▸ Requirement:
Please transcribe the data that follows exactly, from its first line through the line that contains "what is put.".

▸ Records shown:
//! What a server puts.

use crate::out_line::{LegGate, length_of};
use crate::state::{
    Edge, EndMark, Greeting, InLeg, Leaving, OutLeg, Replacement, ServerRole, Tells,
};
use rh_line::{LAST_NUMBER, Leg, LegKind, Which};
use rh_rts::NO_COOKIE;
use rh_shell::{Begun, GREETING};
use rh_sig::Named;
use rh_sig::lengths::{END_B1_LEN, OUT_R1_A9_LEN};
use rh_sig::ranges::PROTOCOL_VERSION;
use rh_window::Ack;

impl OutLeg {
    ghost use Rattle.std.specs.Prelude.{◌≡◌, ◌&&◌, true};
    ghost use Rattle.rh_window.specs.Sending.{may_send};
    ghost use Rattle.rh_keep.specs.Meters.{fits, may_put};
    ghost use Rattle.rh_server.specs.States.{is_due};
    ghost use Rattle.rh_server.specs.OutLegs as seen;

    /// Whether the greeting is due.
    fn is_greeting_due(&self) -> bool
        ensures { result ≡ is_due self.now.greeting }
    {
        matches!(self.greeting, Greeting::Due)
    }

    /// The meter counts what is put.
    fn counts(&mut self, len: u16)
        requires { fits self.old.meter len ≡ true }
        ensures { self.new ≡ seen.counted self.old len }
    {
        self.meter.put(len);
    }

    /// Whether a PDU may go: on the writing channel, where its window and its meter allow it.
    fn may_go(&self, writing: u32, len: u16) -> bool
        ensures { result ≡ seen.may_go self.now writing len }
    {
        self.number == writing && self.window.may_send(len) && self.meter.may_put(len)
    }

    /// A PDU goes that may go.
    fn goes(&mut self, len: u16)
        requires { may_send self.old.window len && may_put self.old.meter len ≡ true }
        ensures { self.new ≡ seen.went self.old len }
    {
        self.window.sent(len);
        self.meter.put(len);
    }

    /// Whether END/B1 may go: on the writing channel, where it fits.
    fn may_end(&self, writing: u32) -> bool
        ensures { result ≡ seen.may_end self.now writing }
    {
        self.number == writing && self.meter.fits(END_B1_LEN)
    }
}
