//! Laws of an in proxy alone, whatever its peers put.
#![tactic(auto)]

pub mod counts;
pub mod legible;
pub mod order;
pub mod puts;
pub mod refusals;

pub use counts::{
    an_in_proxy_is_let_go_for_what_it_put, an_in_proxy_opens_and_hands_over_once,
    an_in_proxy_puts_for_what_came,
};
pub use legible::what_an_in_proxy_puts_reads_back;
pub use order::an_in_proxy_keeps_order;
pub use puts::{
    an_in_proxy_ends_last, an_in_proxy_puts_in_order, an_in_proxy_sends_where_it_was_told,
};
pub use refusals::what_an_in_proxy_refuses;
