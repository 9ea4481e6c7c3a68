//! How much a client puts behind its requests. This function does nothing: its contract is the law.

ghost use Rattle.std.specs.Prelude.{List};
ghost use Rattle.rh_http.specs.declared.config.ClientConfig.{ClientConfig};
ghost use Rattle.rh_line.specs.declared.leg.Leg.{Leg};
ghost use Rattle.law_moves.specs.Moves.{EndMove};
ghost use Rattle.law_moves.specs.Wires.{of_leg};
ghost use Rattle.law_moves.specs.Legible.Legible.{AllMayGo};
ghost use Rattle.law_role_client.specs.Legible.{HasCookies, HaveCookies, IsConfig, pipe_put};
ghost use Rattle.law_role_client.specs.Order.{AreAllowedMoves, client_moved};
ghost use Rattle.law_world_bodies.specs.Bodies.{KeepsLength, RequestTells};

use law_node_begins::a_client_begins_with_a_request;
use law_role_client::what_a_client_puts_reads_back;

/// Whatever happens to a client: behind the request on the leg of an IN channel it puts at most so
/// many bytes as its lifetime has, which the request tells; and on the leg of an OUT channel just
/// the packets that open it, or replace another, whose length the request tells (MS-RPCH 2.1.2,
/// 3.2.2). The packets have the lengths of their commands where their values have their sizes; so
/// it is of a client whose configuration is in range, with cookies of 16 bytes.
pub fn what_a_client_puts_keeps_its_lengths()
    ensures sized { (config : ClientConfig) (moves : List EndMove) → AreAllowedMoves config moves
        → AllMayGo pipe_put (client_moved config moves).passage.put → (leg : Leg)
        → KeepsLength (RequestTells config leg.kind)
        (of_leg leg (client_moved config moves).passage.put) }
    ensures each { (config : ClientConfig) (moves : List EndMove) → AreAllowedMoves config moves
        → IsConfig config → HasCookies config → HaveCookies moves → (leg : Leg)
        → KeepsLength (RequestTells config leg.kind)
        (of_leg leg (client_moved config moves).passage.put) }
{
    a_client_begins_with_a_request();
    what_a_client_puts_reads_back();
}
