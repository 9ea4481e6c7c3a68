//! Which lengths the roles take of heads. This function does nothing: its contract is the law.

ghost use Rattle.std.specs.Prelude.{◌≡◌, List, ℕ};
ghost use Rattle.rh_http.specs.declared.config.ClientConfig.{ClientConfig};
ghost use Rattle.rh_line.specs.declared.leg.Leg.{Leg};
ghost use Rattle.rh_line.specs.declared.leg.LegKind.TheVariants.{ClientIn, ClientOut};
ghost use Rattle.rh_inproxy.specs.Machine as in_proxy;
ghost use Rattle.rh_outproxy.specs.Machine as out_proxy;
ghost use Rattle.rh_client.specs.Client as client;
ghost use Rattle.rh_server.specs.Servers as server;
ghost use Rattle.law_role_client.specs.Legible.{IsConfig};
ghost use Rattle.law_world_order.specs.FirstTexts.{IsPort};
ghost use Rattle.law_world_bodies.specs.Behind.{TakesHead};
ghost use Rattle.law_world_bodies.specs.Bodies.{RequestTells};

/// A proxy takes the request of a client whose numbers are in their ranges with the length that it
/// tells, be it one for a channel or for an echo (MS-RPCH 2.1.2). A client takes heads on the legs
/// of OUT channels alone, and a server takes none.
pub fn heads_are_taken_by_their_lengths()
    ensures in_proxy { (config : ClientConfig) (leg : Leg) (text : List ℕ) (n told : ℕ)
        → IsConfig config → IsPort config.port → RequestTells config ClientIn n text
        → TakesHead in_proxy.rules leg text told → n ≡ told }
    ensures out_proxy { (config : ClientConfig) (leg : Leg) (text : List ℕ) (n told : ℕ)
        → IsPort config.port → RequestTells config ClientOut n text
        → TakesHead out_proxy.rules leg text told → n ≡ told }
    ensures client { (leg : Leg) (text : List ℕ) (told : ℕ)
        → TakesHead client.rules leg text told → leg.kind ≡ ClientOut }
    ensures server { (leg : Leg) (text : List ℕ) (told : ℕ)
        → TakesHead server.rules leg text told → ⊥ }
{}
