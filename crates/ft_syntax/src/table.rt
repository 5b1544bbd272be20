//! The table: rows, each of which names earlier rows.

ghost use Rattle.std.specs.Prelude.{◌≡◌, ℕ, ◌+◌, ◌-◌, ◌<◌, ◌≤◌, ◌++◌, [], ◌∷◌, List, Some, length, map, slice_get, IfOk, IfErr, IfSome, IfNone, OnOk, OnErr, IsTrue, IsFalse, ◌↔◌};
ghost use Rattle.ft_theory.specs.Expressions.{bound, free, symbol, meta, Without};
ghost use Rattle.ft_theory.specs.Small.{IsSmall, depth, size};
ghost use Rattle.ft_syntax.specs.Arguments.{node_of, arguments_of, applied, FitsNode, IsApplication};
ghost use Rattle.ft_syntax.specs.Table.{tree, Extends, AreDifferent, IsNew, argument_in, arguments_in, terms_in, BodyBelow, ArgumentsBelow, AllBelow, term_argument};
ghost use Rattle.ft_syntax.specs.Invariant.{HasArguments, IsApplied};
ghost use Rattle.ft_syntax.specs.Chains.{spelled, IsNoted, KeepsOthers};
ghost use Rattle.ft_syntax.specs.Measures.{greatest_depth, total_size, AreSmall};
ghost use Rattle.ft_syntax.specs.declared.syntax.SynFault.TheVariants.{TooBig, Memory};

use crate::crowded::Crowded;
use crate::index::Index;
use crate::marks::{mark_of, spelling_of};
use crate::syntax::{Arg, E, Node, SynFault};
use ft_base::limits::{MAX_BINDERS, MAX_DEPTH, MAX_SIZE};
use std::alloc::{AllocError, Global};
use std::marker::Model;

// A row: its node, and where its arguments stand among those of all rows.
#[derive(Clone, Copy)]
struct Row {
    node: Node,
    first: usize,
    end: usize,
    depth: u64,
    size: u64,
}

/// A table of expressions, to which expressions are added and from which none is taken. An expression has one number in it, which
/// is answered whenever it is formed. A call that forms an expression answers
/// `TooBig` exactly where this is not small (its depth at most 1,000, its size at most 65,536, its numbers below their types'
/// ends), and `Memory` where memory is refused. The earlier expressions are as before in either case.
#[derive(Drop)]
pub struct Terms {
    rows: Vec<Row>,
    parts: Vec<Arg>,
    index: Index,
    crowded: Crowded,
    alloc: Global,
}

impl Model for Terms {
    ghost use Rattle.std.specs.Prelude.{List, []};
    ghost use Rattle.ft_theory.specs.Expressions.{Expression};
    ghost use Rattle.ft_syntax.specs.Code.{coded_expressions};

    ghost Value = { List Expression };

    ghost coded = { coded_expressions };

    ghost use Rattle.ft_syntax.specs.Invariant.{trees_after, IsTable};

    ghost view = { λ t. trees_after t.parts.items [] t.rows.items };

    ghost invariant = { λ t. IsTable t.parts.items t.rows.items t.index t.crowded };
}
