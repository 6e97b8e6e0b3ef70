//! The items of a manifest before its tables.
ghost use Rattle.std.specs.Prelude.{◌≡◌, [], Err, length};
ghost use Rattle.table_descriptors.specs.Fields.{Reads, read_items};
ghost use Rattle.layer_manifest.specs.Manifests.{comes_after};
ghost use Rattle.layer_manifest.specs.ManifestFiles.{read_version, read_end, read_floor, read_history, read_scope_id, read_ids, scope_at, read_scope};

use mvcc_keys::{Hlc, Items};
use std::alloc::Global;
use table_descriptors::{
    FieldFault, Scope, broken, take_exactly, take_flag, take_id, take_name, take_number, take_time,
};

/// The first four bytes, which tell the version.
pub(crate) fn take_version(b: &[u8]) -> Result<(u8, &[u8]), FieldFault>
    ensures { Reads (λ p. (p.0, p.1.now)) result (read_version b.now) }
{
    let (mark, rest) = take_exactly(4, b)?;
    if mark == b"MAN1".as_slice() {
        return Ok((1, rest));
    }
    if mark == b"MAN2".as_slice() {
        return Ok((2, rest));
    }
    Err(broken(b))
}

/// The end, which is after the start and not before the time of the full layer.
pub(crate) fn take_end(full: Hlc, start: Hlc, b: &[u8]) -> Result<(Hlc, &[u8]), FieldFault>
    ensures { Reads (λ p. (p.0, p.1.now)) result (read_end full start b.now) }
{
    match take_time(b) {
        Ok((end, rest)) if start < end && full <= end => Ok((end, rest)),
        Ok(_) => Err(broken(b)),
        Err(fault) => Err(fault),
    }
}

pub(crate) fn take_floor(start: Hlc, end: Hlc, b: &[u8]) -> Result<(Hlc, &[u8]), FieldFault>
    ensures { Reads (λ p. (p.0, p.1.now)) result (read_floor start end b.now) }
{
    match take_time(b) {
        Ok((floor, rest)) if start <= floor && floor <= end => Ok((floor, rest)),
        Ok(_) => Err(broken(b)),
        Err(fault) => Err(fault),
    }
}

/// The flag of history, without which the floor is the start.
pub(crate) fn take_history(start: Hlc, floor: Hlc, b: &[u8]) -> Result<(bool, &[u8]), FieldFault>
    ensures { Reads (λ p. (p.0, p.1.now)) result (read_history start floor b.now) }
{
    let (history, rest) = take_flag(b)?;
    if !history && floor != start {
        return Err(broken(b));
    }
    Ok((history, rest))
}

fn comes_after(before: &[u32], id: u32) -> bool
    ensures { result ≡ comes_after (λ n. n) before.now id }
{
    match before.last() {
        Some(last) => *last < id,
        None => true,
    }
}

#[tactic(auto, unfolding(crate::specs::ManifestFiles::read_scope_id))]
fn take_scope_id<'a>(before: &[u32], b: &'a [u8]) -> Result<(u32, &'a [u8]), FieldFault>
    ensures { Reads (λ p. (p.0, p.1.now)) result (read_scope_id before.now b.now) }
{
    let (id, rest) = take_id(b)?;
    if !comes_after(before, id) {
        return Err(broken(b));
    }
    Ok((id, rest))
}

fn take_each_id(alloc: Global, count: u64, b: &[u8]) -> Result<(Vec<u32>, &[u8]), FieldFault>
    ensures { Reads (λ p. (p.0.items, p.1.now)) result (read_items read_scope_id count [] b.now) }
{
    let mut ids = Vec::new(alloc);
    let mut left = b;
    let mut wanted = count;
    'ids: while wanted > 0 {
        let (id, rest) = take_scope_id(ids.as_slice(), left)?;
        if ids.push(id).is_err() {
            return Err(FieldFault::Memory);
        }
        left = rest;
        wanted -= 1;
    }
    Ok((ids, left))
}

fn take_ids(alloc: Global, b: &[u8]) -> Result<(Vec<u32>, &[u8]), FieldFault>
    ensures { Reads (λ p. (p.0.items, p.1.now)) result (read_ids b.now) }
{
    let (count, rest) = take_number(b)?;
    if count < 1 {
        return Err(broken(b));
    }
    take_each_id(alloc, count, rest)
}

/// A scope after its mark.
fn take_marked(alloc: Global, mark: u8, b: &[u8]) -> Result<(Scope, &[u8]), FieldFault>
    ensures { Reads (λ p. (p.0, p.1.now)) result (scope_at mark b.now) }
{
    if mark == 1 {
        let (name, rest) = take_name(alloc, b)?;
        return Ok((Scope::Database(name), rest));
    }
    if mark == 2 {
        let (ids, rest) = take_ids(alloc, b)?;
        return Ok((Scope::Tables(Items::from_vec(ids)), rest));
    }
    Err(broken(b))
}

/// What a backup covers.
#[tactic(auto, unfolding(crate::specs::ManifestFiles::read_scope))]
pub(crate) fn take_scope(alloc: Global, b: &[u8]) -> Result<(Scope, &[u8]), FieldFault>
    ensures { Reads (λ p. (p.0, p.1.now)) result (read_scope b.now) }
{
    let Some((mark, rest)) = b.split_first() else {
        return Err(broken(b));
    };
    match take_marked(alloc, *mark, rest) {
        Ok(read) => Ok(read),
        Err(FieldFault::Broken { .. }) => Err(broken(b)),
        Err(FieldFault::Memory) => Err(FieldFault::Memory),
    }
}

▸ Solution for this task:
//! What a server puts.

use crate::out_line::{LegGate, length_of};
use crate::state::{
    Edge, EndMark, Greeting, InLeg, Leaving, OutLeg, Replacement, ServerRole, Tells,
};
use rh_line::{LAST_NUMBER, Leg, LegKind, Which};
use rh_rts::NO_COOKIE;
use rh_shell::{Begun, GREETING};
use rh_sig::Named;
use rh_sig::lengths::{END_B1_LEN, OUT_R1_A9_LEN};
use rh_sig::ranges::PROTOCOL_VERSION;
use rh_window::Ack;

impl OutLeg {
    ghost use Rattle.std.specs.Prelude.{◌≡◌, ◌&&◌, true};
    ghost use Rattle.rh_window.specs.Sending.{may_send};
    ghost use Rattle.rh_keep.specs.Meters.{fits, may_put};
    ghost use Rattle.rh_server.specs.States.{is_due};
    ghost use Rattle.rh_server.specs.OutLegs as seen;

    /// Whether the greeting is due.
    fn is_greeting_due(&self) -> bool
        ensures { result ≡ is_due self.now.greeting }
    {
        matches!(self.greeting, Greeting::Due)
    }

    /// The meter counts what is put.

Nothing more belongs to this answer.